→ **THE PROBLEM**: Print each line from the start of the records below up through the line where "use std::alloc::Global;" is found, exactly as given.

→ **SOURCE MATERIAL**:
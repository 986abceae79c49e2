//! A folder in memory, whose calls fail where they are set to.

ghost use Rattle.std.specs.Prelude.{◌≡◌, ℕ, List, ◌+◌, ◌≤◌, length, Some, None, IfOk, OnOk, OnErr};
ghost use Rattle.std.specs.Prelude.{IsErrOf, IfSome, IsSomeAnd, IsTrue, ◌↔◌, ◌||◌, ◌++◌, ◌∷◌, []};
ghost use Rattle.std.specs.Prelude.{IsErr};
ghost use Rattle.std.specs.Option.{option_copied};
ghost use Rattle.host_edge.specs.Mem.{files_of, faults_of, counts_for, is_absent, folder_view};
ghost use Rattle.host_edge.specs.Mem.{folder_plan};
ghost use Rattle.faults.specs.Plans.{is_due, next_call};
ghost use Rattle.host_edge.specs.Views.{FolderView, Known, NoCountFalls};
ghost use Rattle.faults.specs.Counts.{Rose, RoseBy, raised};
ghost use Rattle.host_edge.specs.Views.{SameLoadFaults, HasNoFaults, HasBytes, IsLonger};
ghost use Rattle.host_edge.specs.Views.{KeepsOthers, SameFiles, CountsFault, Unfailed};

use crate::NoMemory;
use crate::answer::{Failed, LoadNo};
use crate::folder::Folder;
use faults::{CallPlan, raised};
use std::alloc::Global;
use std::collections::BTreeMap;

/// A file, and the load faults of its name.
#[derive(Drop)]
struct Kept {
    bytes: Vec<u8>,
    load_faults: u64,
}

/// Keeps files by name. A call that is set to fail, a load of a name without a file and a store
/// that finds no
/// memory are faults. A name with a file has a count of load faults of its own, which starts with
/// the count
/// that all names without a file share.
#[derive(Drop)]
pub struct MemFolder {
    files: BTreeMap<String, Kept>,
    other_load_faults: u64,
    store_faults: u64,
    taken: u64,
    plan: CallPlan,
    alloc: Global,
}

/// The count of load faults of this name.
fn fault_count(files: &BTreeMap<String, Kept>, others: u64, name: &str) -> u64
    ensures { result ≡ faults_of files.now others name.now }
{
    match files.get(name) {
        Some(kept) => kept.load_faults,
        None => others,
    }
}

/// Counts a fault of a load of this name.
fn count_load_fault(files: &mut BTreeMap<String, Kept>, others: &mut u64, name: &str)
    ensures files { SameFiles (files_of files.old) (files_of files.new) }
    ensures counts { CountsFault (counts_for (files_of files.old) name.now)
        (faults_of files.old others.old) (faults_of files.new others.new) }
    ensures none_falls { (q : List ℕ) → faults_of files.old others.old q
        ≤ faults_of files.new others.new q }
{
    if let Some(kept) = files.get_mut(name) {
        kept.load_faults = raised(kept.load_faults, 1);
    } else {
        *others = raised(*others, 1);
    }
}

/// Sets the file of this name to the bytes and leaves its count, or leaves all as it is.
fn set_file(
    files: &mut BTreeMap<String, Kept>,
    others: u64,
    name: &str,
    bytes: &[u8],
    alloc: Global,
) -> Result<(), NoMemory>
    ensures others { KeepsOthers name.now (files_of files.old) (files_of files.new) }
    ensures stored { OnOk result (files_of files.new name.now ≡ Some bytes.now) }
    ensures unchanged { OnErr result (SameFiles (files_of files.old) (files_of files.new)) }
    ensures counts { (q : List ℕ) → faults_of files.new others q ≡ faults_of files.old others q }
{
    let load_faults = fault_count(files, others, name);
    let key = String::from_str(alloc, name).map_err(|_| NoMemory)?;
    let bytes = Vec::from_slice(alloc, bytes).map_err(|_| NoMemory)?;
    match files.insert(key, Kept { bytes, load_faults }) {
        Ok(_) => Ok(()),
        Err(_) => Err(NoMemory),
    }
}

impl MemFolder {
    pub fn new(alloc: Global) -> MemFolder
        ensures files { IsSomeAnd (folder_view result).holds (λ files. (q : List ℕ)
            → files q ≡ None) }
        ensures faults { HasNoFaults (folder_view result) }
        ensures plan { folder_plan result ≡ record { calls = 0; failing = [] } }
    {
        MemFolder {
            files: BTreeMap::new(alloc),
            other_load_faults: 0,
            store_faults: 0,
            taken: 0,
            plan: CallPlan::new(alloc),
            alloc,
        }
    }

    /// Sets the file to the bytes. It is no call of the folder: it cannot be set to fail, and
    /// counts nothing.
    pub fn put_file(&mut self, name: &str, bytes: &[u8]) -> Result<(), NoMemory>
        ensures others { Known (KeepsOthers name.now) (folder_view self.old).holds
            (folder_view self.new).holds }
        ensures stored { OnOk result (HasBytes (folder_view self.new) name.now bytes.now) }
        ensures unchanged { OnErr result (Known SameFiles (folder_view self.old).holds
            (folder_view self.new).holds) }
        ensures load_faults { SameLoadFaults (folder_view self.old) (folder_view self.new) }
        ensures store_faults { (folder_view self.new).store_faults
            ≡ (folder_view self.old).store_faults }
        ensures taken { (folder_view self.new).taken ≡ (folder_view self.old).taken }
        ensures plan { folder_plan self.new ≡ folder_plan self.old }
    {
        set_file(
            &mut self.files,
            self.other_load_faults,
            name,
            bytes,
            self.alloc,
        )
    }

    /// Lets the call of this number fail. Loads and stores are counted together, from 1.
    pub fn fail_at(&mut self, call: u64) -> Result<(), NoMemory>
        ensures view { folder_view self.new ≡ folder_view self.old }
        ensures listed { OnOk result (folder_plan self.new
            ≡ record (folder_plan self.old) {
              failing = (folder_plan self.old).failing ++ call
                  ∷ [];
            }) }
        ensures unlisted { OnErr result (folder_plan self.new ≡ folder_plan self.old) }
    {
        self.plan.fail_at(call)
    }

    pub fn file(&self, name: &str) -> Option<&[u8]>
        ensures { IsSomeAnd (folder_view self.now).holds (λ files. option_copied result
            ≡ files name.now) }
    {
        match self.files.get(name) {
            Some(kept) => Some(kept.bytes.as_slice()),
            None => None,
        }
    }
}

impl Folder for MemFolder {
    ghost view = { folder_view };

    fn load(&mut self, name: &str, limit: u64, alloc: Global) -> Result<Vec<u8>, LoadNo>
        ensures files { (folder_view self.new).holds ≡ (folder_view self.old).holds }
        ensures counts { NoCountFalls (folder_view self.old) (folder_view self.new) }
        ensures bytes { IfOk result (λ bytes. HasBytes (folder_view self.old) name.now
            bytes.items) }
        ensures within { IfOk result (λ bytes. length bytes.items ≤ limit) }
        ensures unfailed { OnOk result (Unfailed (folder_view self.old) (folder_view self.new)) }
        ensures failed { IsErrOf result LoadNo.Failed
            → Rose ((folder_view self.old).load_faults name.now)
            ((folder_view self.new).load_faults name.now) }
        ensures too_long { IsErrOf result LoadNo.TooLong
            → RoseBy (limit + 1) (folder_view self.old).taken (folder_view self.new).taken }
        ensures longer { IsErrOf result LoadNo.TooLong
            → IsLonger limit (folder_view self.old) name.now }
        ensures failed_where { IsErrOf result LoadNo.Failed
            ↔ IsTrue (is_due (folder_plan self.old) || is_absent (folder_view self.old) name.now) }
        ensures plan { folder_plan self.new ≡ next_call (folder_plan self.old) }
        ensures taken { IfOk result (λ bytes. (folder_view self.new).taken
            ≡ raised (length bytes.items) (folder_view self.old).taken) }
        ensures no_fault { ¬ IsErrOf result LoadNo.Failed
            → SameLoadFaults (folder_view self.old) (folder_view self.new) }
        ensures fault { IsErrOf result LoadNo.Failed
            → IsSomeAnd (folder_view self.old).holds
            (λ files. CountsFault (counts_for files name.now) (folder_view self.old).load_faults
            (folder_view self.new).load_faults) }
        ensures no_store_fault { (folder_view self.new).store_faults
            ≡ (folder_view self.old).store_faults }
    {
        let fails = self.plan.next();
        let bytes = match self.files.get(name) {
            Some(kept) if !fails => kept.bytes.as_slice(),
            _ => {
                count_load_fault(&mut self.files, &mut self.other_load_faults, name);
                return Err(LoadNo::Failed);
            }
        };
        let length = bytes.len() as u64;
        if limit < length {
            self.taken = raised(self.taken, length);
            return Err(LoadNo::TooLong);
        }
        let copy = Vec::from_slice(alloc, bytes).map_err(|_| LoadNo::NoMemory)?;
        self.taken = raised(self.taken, length);
        Ok(copy)
    }

    fn store(&mut self, name: &str, bytes: &[u8]) -> Result<(), Failed>
        ensures others { Known (KeepsOthers name.now) (folder_view self.old).holds
            (folder_view self.new).holds }
        ensures counts { NoCountFalls (folder_view self.old) (folder_view self.new) }
        ensures stored { OnOk result (HasBytes (folder_view self.new) name.now bytes.now) }
        ensures unfailed { OnOk result (Unfailed (folder_view self.old) (folder_view self.new)) }
        ensures failed { OnErr result (Rose (folder_view self.old).store_faults
            (folder_view self.new).store_faults) }
        ensures unchanged { OnErr result (Known SameFiles (folder_view self.old).holds
            (folder_view self.new).holds) }
        ensures due { IsTrue (is_due (folder_plan self.old)) → IsErr result }
        ensures plan { folder_plan self.new ≡ next_call (folder_plan self.old) }
        ensures no_load_fault { SameLoadFaults (folder_view self.old) (folder_view self.new) }
        ensures taken { (folder_view self.new).taken ≡ (folder_view self.old).taken }
    {
        let fails = self.plan.next();
        if !fails && self.put_file(name, bytes).is_ok() {
            Ok(())
        } else {
            self.store_faults = raised(self.store_faults, 1);
            Err(Failed)
        }
    }
}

→ **OUTPUT**:
repository 986abceae79c49e2
//! A folder in memory, whose calls fail where they are set to.

ghost use Rattle.std.specs.Prelude.{◌≡◌, ℕ, List, ◌+◌, ◌≤◌, length, Some, None, IfOk, OnOk, OnErr};
ghost use Rattle.std.specs.Prelude.{IsErrOf, IfSome, IsSomeAnd, IsTrue, ◌↔◌, ◌||◌, ◌++◌, ◌∷◌, []};
ghost use Rattle.std.specs.Prelude.{IsErr};
ghost use Rattle.std.specs.Option.{option_copied};
ghost use Rattle.host_edge.specs.Mem.{files_of, faults_of, counts_for, is_absent, folder_view};
ghost use Rattle.host_edge.specs.Mem.{folder_plan};
ghost use Rattle.faults.specs.Plans.{is_due, next_call};
ghost use Rattle.host_edge.specs.Views.{FolderView, Known, NoCountFalls};
ghost use Rattle.faults.specs.Counts.{Rose, RoseBy, raised};
ghost use Rattle.host_edge.specs.Views.{SameLoadFaults, HasNoFaults, HasBytes, IsLonger};
ghost use Rattle.host_edge.specs.Views.{KeepsOthers, SameFiles, CountsFault, Unfailed};

use crate::NoMemory;
use crate::answer::{Failed, LoadNo};
use crate::folder::Folder;
use faults::{CallPlan, raised};
use std::alloc::Global;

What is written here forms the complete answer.